Exercise inputs →
// What every call decides first: the circuit, whose it is, and the memory.
ghost use Rattle.std.specs.Prelude.{◌≡◌, ◌<◌, ◌≤◌, true, not, ◌&&◌, Some, None, OnOk, IfOk, IfErr};
ghost use Rattle.circuit.specs.Gates.{output_of};
ghost use Rattle.circuit.specs.Lent.{parts_in};
ghost use Rattle.circuit.specs.Parts.{parts_of};
ghost use Rattle.circuit.specs.Passed.{Passed};
ghost use Rattle.parties.specs.Turns.{is_its, Its, gates_left};
ghost use Rattle.parties.specs.Refusing.{begin_refusal, turn_refusal, step_refusal, input_refusal, output_refusal, outputs_refusal, wipe_refusal};
ghost use Rattle.parties.specs.Ready.{StepReady, OutputsReady};

use crate::progress::Progress;
use crate::side::Side;
use circuit::check::read;
use circuit::passed::Circuit;
use circuit::refusal::Refusal;
use circuit::words::word_at;
use labels::kind::Label;

// The circuit that a side begins with, and whether there is memory for its wires.
pub fn may_begin<'a>(turn: bool, circuit: &'a [u8], wires: usize) -> Result<Circuit<'a>, Refusal>
    ensures accepted { OnOk result (begin_refusal circuit.now turn wires ≡ None) }
    ensures its_turn { OnOk result (turn ≡ true) }
    ensures passed { IfOk result (λ c. Passed circuit.now (parts_in c.arrays) c.wires) }
    ensures room { IfOk result (λ c. c.wires ≤ wires) }
    ensures refused { IfErr result (λ why. begin_refusal circuit.now turn wires ≡ Some why) }
{
    let passed = read(circuit)?;
    if !turn {
        return Err(Refusal::Turn);
    }
    if wires < usize::from(passed.wires) {
        return Err(Refusal::Memory);
    }
    Ok(passed)
}

impl Side {
    // Whether it is garble's turn: the side is open, with gates left.
    pub fn garbles(&self) -> bool
        ensures { result ≡ (not self.now.ended && gates_left self.now) }
    {
        !self.ended && self.next < self.sizes.gates
    }

    // Whether it is the turn of the garbler's outputs: the side is open, with no gate left.
    pub fn has_garbled(&self) -> bool
        ensures { result ≡ (not self.now.ended && not (gates_left self.now)) }
    {
        !self.ended && self.next >= self.sizes.gates
    }

    // Whether it may be wiped with so much wire memory.
    pub fn may_wipe(&self, turn: bool, wires: usize) -> Result<(), Refusal>
        ensures accepted { OnOk result (wipe_refusal self.now turn wires ≡ None) }
        ensures refused { IfErr result (λ why. wipe_refusal self.now turn wires ≡ Some why) }
    {
        if !turn {
            return Err(Refusal::Turn);
        }
        if wires < usize::from(self.wires) {
            return Err(Refusal::Memory);
        }
        Ok(())
    }
}

impl Progress {
    // Whether a circuit that passed is the side's own.
    fn is_its_own(&self, c: Circuit) -> bool
        ensures answer { result ≡ is_its self.now.side (parts_in c.entry.arrays) }
        ensures its { result ≡ true → Its self.now.side (parts_in c.entry.arrays) c.entry.wires }
    {
        self.side.sizes == c.arrays.sizes
            && self.side.wires == c.wires
            && self.side.made == usize::from(c.wires_before(self.side.next))
    }

    // The circuit that the side goes on with.
    fn its_circuit<'a>(&self, turn: bool, circuit: &'a [u8]) -> Result<Circuit<'a>, Refusal>
        ensures accepted { OnOk result (turn_refusal self.now.side circuit.now turn ≡ None) }
        ensures its_turn { OnOk result (turn ≡ true) }
        ensures passed { IfOk result (λ c. Passed circuit.now (parts_in c.arrays) c.wires) }
        ensures its { IfOk result (λ c. Its self.now.side (parts_in c.arrays) c.wires) }
        ensures refused { IfErr result (λ why. turn_refusal self.now.side circuit.now turn ≡ Some why) }
    {
        let c = read(circuit)?;
        if !(turn && self.is_its_own(c)) {
            return Err(Refusal::Turn);
        }
        Ok(c)
    }

    // The next gate: the circuit, and the bits of the gate's material.
    pub fn may_step<'a, L: Label>(
        &self,
        turn: bool,
        circuit: &'a [u8],
        wires: usize,
        scratch: usize,
        material: usize,
    ) -> Result<(Circuit<'a>, usize), Refusal>
        requires left { turn ≡ true → self.now.side.next < self.now.side.sizes.gates }
        ensures accepted { OnOk result (step_refusal self.now.side circuit.now L.kind turn wires scratch material ≡ None) }
        ensures parts { IfOk result (λ v. parts_in v.0.arrays ≡ parts_of circuit.now) }
        ensures ready { IfOk result (λ v. StepReady L.kind self.now.side (parts_in v.0.arrays) v.1 wires scratch material) }
        ensures refused { IfErr result (λ why. step_refusal self.now.side circuit.now L.kind turn wires scratch material ≡ Some why) }
    {
        let c = self.its_circuit(turn, circuit)?;
        if wires < usize::from(c.wires) || scratch < 256 {
            return Err(Refusal::Memory);
        }
        let bits = c.gate_bits::<L>(self.side.next);
        if material < self.side.bytes + bits.div_ceil(8) {
            return Err(Refusal::Material);
        }
        Ok((c, bits))
    }

    // An input that is encoded or delivered.
    pub fn may_input(
        &self,
        turn: bool,
        circuit: &[u8],
        wires: usize,
        input: usize,
        bit: u8,
    ) -> Result<(), Refusal>
        ensures accepted { OnOk result (input_refusal self.now.side circuit.now turn wires input bit ≡ None) }
        ensures there { OnOk result (input < self.now.side.sizes.inputs) }
        ensures room { OnOk result (input < wires) }
        ensures refused { IfErr result (λ why. input_refusal self.now.side circuit.now turn wires input bit ≡ Some why) }
    {
        let c = self.its_circuit(turn, circuit)?;
        if wires < usize::from(c.wires) {
            return Err(Refusal::Memory);
        }
        if input >= usize::from(self.side.sizes.inputs) {
            return Err(Refusal::Number);
        }
        if bit > 1 {
            return Err(Refusal::Bit);
        }
        if self.side.marks[input] {
            return Err(Refusal::Again);
        }
        Ok(())
    }

    // The outputs: the circuit's list of them.
    pub fn may_outputs<'a>(
        &self,
        turn: bool,
        circuit: &'a [u8],
        wires: usize,
        colours: usize,
    ) -> Result<&'a [u8], Refusal>
        ensures accepted { OnOk result (outputs_refusal self.now.side circuit.now turn wires colours ≡ None) }
        ensures ready { IfOk result (λ list. OutputsReady self.now.side circuit.now list.now wires colours) }
        ensures refused { IfErr result (λ why. outputs_refusal self.now.side circuit.now turn wires colours ≡ Some why) }
    {
        let c = self.its_circuit(turn, circuit)?;
        if wires < usize::from(c.wires) || colours != usize::from(self.side.sizes.outputs) {
            return Err(Refusal::Memory);
        }
        Ok(c.arrays.outputs)
    }

    // An output that is certified: its wire.
    pub fn may_output(
        &self,
        turn: bool,
        circuit: &[u8],
        wires: usize,
        output: usize,
    ) -> Result<u16, Refusal>
        ensures accepted { OnOk result (output_refusal self.now.side circuit.now turn wires output ≡ None) }
        ensures wire { IfOk result (λ w. w ≡ output_of (parts_of circuit.now) output) }
        ensures room { IfOk result (λ w. w < wires) }
        ensures refused { IfErr result (λ why. output_refusal self.now.side circuit.now turn wires output ≡ Some why) }
    {
        let c = self.its_circuit(turn, circuit)?;
        if wires < usize::from(c.wires) {
            return Err(Refusal::Memory);
        }
        if output >= usize::from(self.side.sizes.outputs) {
            return Err(Refusal::Number);
        }
        Ok(word_at(c.arrays.outputs, output))
    }
}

Task objective →
Set down the listing above exactly, line for line.

Answer box →
// What every call decides first: the circuit, whose it is, and the memory.
ghost use Rattle.std.specs.Prelude.{◌≡◌, ◌<◌, ◌≤◌, true, not, ◌&&◌, Some, None, OnOk, IfOk, IfErr};
ghost use Rattle.circuit.specs.Gates.{output_of};
ghost use Rattle.circuit.specs.Lent.{parts_in};
ghost use Rattle.circuit.specs.Parts.{parts_of};
ghost use Rattle.circuit.specs.Passed.{Passed};
ghost use Rattle.parties.specs.Turns.{is_its, Its, gates_left};
ghost use Rattle.parties.specs.Refusing.{begin_refusal, turn_refusal, step_refusal, input_refusal, output_refusal, outputs_refusal, wipe_refusal};
ghost use Rattle.parties.specs.Ready.{StepReady, OutputsReady};

use crate::progress::Progress;
use crate::side::Side;
use circuit::check::read;
use circuit::passed::Circuit;
use circuit::refusal::Refusal;
use circuit::words::word_at;
use labels::kind::Label;

// The circuit that a side begins with, and whether there is memory for its wires.
pub fn may_begin<'a>(turn: bool, circuit: &'a [u8], wires: usize) -> Result<Circuit<'a>, Refusal>
    ensures accepted { OnOk result (begin_refusal circuit.now turn wires ≡ None) }
    ensures its_turn { OnOk result (turn ≡ true) }
    ensures passed { IfOk result (λ c. Passed circuit.now (parts_in c.arrays) c.wires) }
    ensures room { IfOk result (λ c. c.wires ≤ wires) }
    ensures refused { IfErr result (λ why. begin_refusal circuit.now turn wires ≡ Some why) }
{
    let passed = read(circuit)?;
    if !turn {
        return Err(Refusal::Turn);
    }
    if wires < usize::from(passed.wires) {
        return Err(Refusal::Memory);
    }
    Ok(passed)
}

impl Side {
    // Whether it is garble's turn: the side is open, with gates left.
    pub fn garbles(&self) -> bool
        ensures { result ≡ (not self.now.ended && gates_left self.now) }
    {
        !self.ended && self.next < self.sizes.gates
    }

    // Whether it is the turn of the garbler's outputs: the side is open, with no gate left.
    pub fn has_garbled(&self) -> bool
        ensures { result ≡ (not self.now.ended && not (gates_left self.now)) }
    {
        !self.ended && self.next >= self.sizes.gates
    }

    // Whether it may be wiped with so much wire memory.
    pub fn may_wipe(&self, turn: bool, wires: usize) -> Result<(), Refusal>
        ensures accepted { OnOk result (wipe_refusal self.now turn wires ≡ None) }
        ensures refused { IfErr result (λ why. wipe_refusal self.now turn wires ≡ Some why) }
    {
        if !turn {
            return Err(Refusal::Turn);
        }
        if wires < usize::from(self.wires) {
            return Err(Refusal::Memory);
        }
        Ok(())
    }
}

impl Progress {
    // Whether a circuit that passed is the side's own.
    fn is_its_own(&self, c: Circuit) -> bool
        ensures answer { result ≡ is_its self.now.side (parts_in c.entry.arrays) }
        ensures its { result ≡ true → Its self.now.side (parts_in c.entry.arrays) c.entry.wires }
    {
        self.side.sizes == c.arrays.sizes
            && self.side.wires == c.wires
            && self.side.made == usize::from(c.wires_before(self.side.next))
    }

    // The circuit that the side goes on with.
    fn its_circuit<'a>(&self, turn: bool, circuit: &'a [u8]) -> Result<Circuit<'a>, Refusal>
        ensures accepted { OnOk result (turn_refusal self.now.side circuit.now turn ≡ None) }
        ensures its_turn { OnOk result (turn ≡ true) }
        ensures passed { IfOk result (λ c. Passed circuit.now (parts_in c.arrays) c.wires) }
        ensures its { IfOk result (λ c. Its self.now.side (parts_in c.arrays) c.wires) }
        ensures refused { IfErr result (λ why. turn_refusal self.now.side circuit.now turn ≡ Some why) }
    {
        let c = read(circuit)?;
        if !(turn && self.is_its_own(c)) {
            return Err(Refusal::Turn);
        }
        Ok(c)
    }

    // The next gate: the circuit, and the bits of the gate's material.
    pub fn may_step<'a, L: Label>(
        &self,
        turn: bool,
        circuit: &'a [u8],
        wires: usize,
        scratch: usize,
        material: usize,
    ) -> Result<(Circuit<'a>, usize), Refusal>
        requires left { turn ≡ true → self.now.side.next < self.now.side.sizes.gates }
        ensures accepted { OnOk result (step_refusal self.now.side circuit.now L.kind turn wires scratch material ≡ None) }
        ensures parts { IfOk result (λ v. parts_in v.0.arrays ≡ parts_of circuit.now) }
        ensures ready { IfOk result (λ v. StepReady L.kind self.now.side (parts_in v.0.arrays) v.1 wires scratch material) }
        ensures refused { IfErr result (λ why. step_refusal self.now.side circuit.now L.kind turn wires scratch material ≡ Some why) }
    {
        let c = self.its_circuit(turn, circuit)?;
        if wires < usize::from(c.wires) || scratch < 256 {
            return Err(Refusal::Memory);
        }
        let bits = c.gate_bits::<L>(self.side.next);
        if material < self.side.bytes + bits.div_ceil(8) {
            return Err(Refusal::Material);
        }
        Ok((c, bits))
    }

    // An input that is encoded or delivered.
    pub fn may_input(
        &self,
        turn: bool,
        circuit: &[u8],
        wires: usize,
        input: usize,
        bit: u8,
    ) -> Result<(), Refusal>
        ensures accepted { OnOk result (input_refusal self.now.side circuit.now turn wires input bit ≡ None) }
        ensures there { OnOk result (input < self.now.side.sizes.inputs) }
        ensures room { OnOk result (input < wires) }
        ensures refused { IfErr result (λ why. input_refusal self.now.side circuit.now turn wires input bit ≡ Some why) }
    {
        let c = self.its_circuit(turn, circuit)?;
        if wires < usize::from(c.wires) {
            return Err(Refusal::Memory);
        }
        if input >= usize::from(self.side.sizes.inputs) {
            return Err(Refusal::Number);
        }
        if bit > 1 {
            return Err(Refusal::Bit);
        }
        if self.side.marks[input] {
            return Err(Refusal::Again);
        }
        Ok(())
    }

    // The outputs: the circuit's list of them.
    pub fn may_outputs<'a>(
        &self,
        turn: bool,
        circuit: &'a [u8],
        wires: usize,
        colours: usize,
    ) -> Result<&'a [u8], Refusal>
        ensures accepted { OnOk result (outputs_refusal self.now.side circuit.now turn wires colours ≡ None) }
        ensures ready { IfOk result (λ list. OutputsReady self.now.side circuit.now list.now wires colours) }
        ensures refused { IfErr result (λ why. outputs_refusal self.now.side circuit.now turn wires colours ≡ Some why) }
    {
        let c = self.its_circuit(turn, circuit)?;
        if wires < usize::from(c.wires) || colours != usize::from(self.side.sizes.outputs) {
            return Err(Refusal::Memory);
        }
        Ok(c.arrays.outputs)
    }

    // An output that is certified: its wire.
    pub fn may_output(
        &self,
        turn: bool,
        circuit: &[u8],
        wires: usize,
        output: usize,
    ) -> Result<u16, Refusal>
        ensures accepted { OnOk result (output_refusal self.now.side circuit.now turn wires output ≡ None) }
        ensures wire { IfOk result (λ w. w ≡ output_of (parts_of circuit.now) output) }
        ensures room { IfOk result (λ w. w < wires) }
        ensures refused { IfErr result (λ why. output_refusal self.now.side circuit.now turn wires output ≡ Some why) }
    {
        let c = self.its_circuit(turn, circuit)?;
        if wires < usize::from(c.wires) {
            return Err(Refusal::Memory);
        }
        if output >= usize::from(self.side.sizes.outputs) {
            return Err(Refusal::Number);
        }
        Ok(word_at(c.arrays.outputs, output))
    }
}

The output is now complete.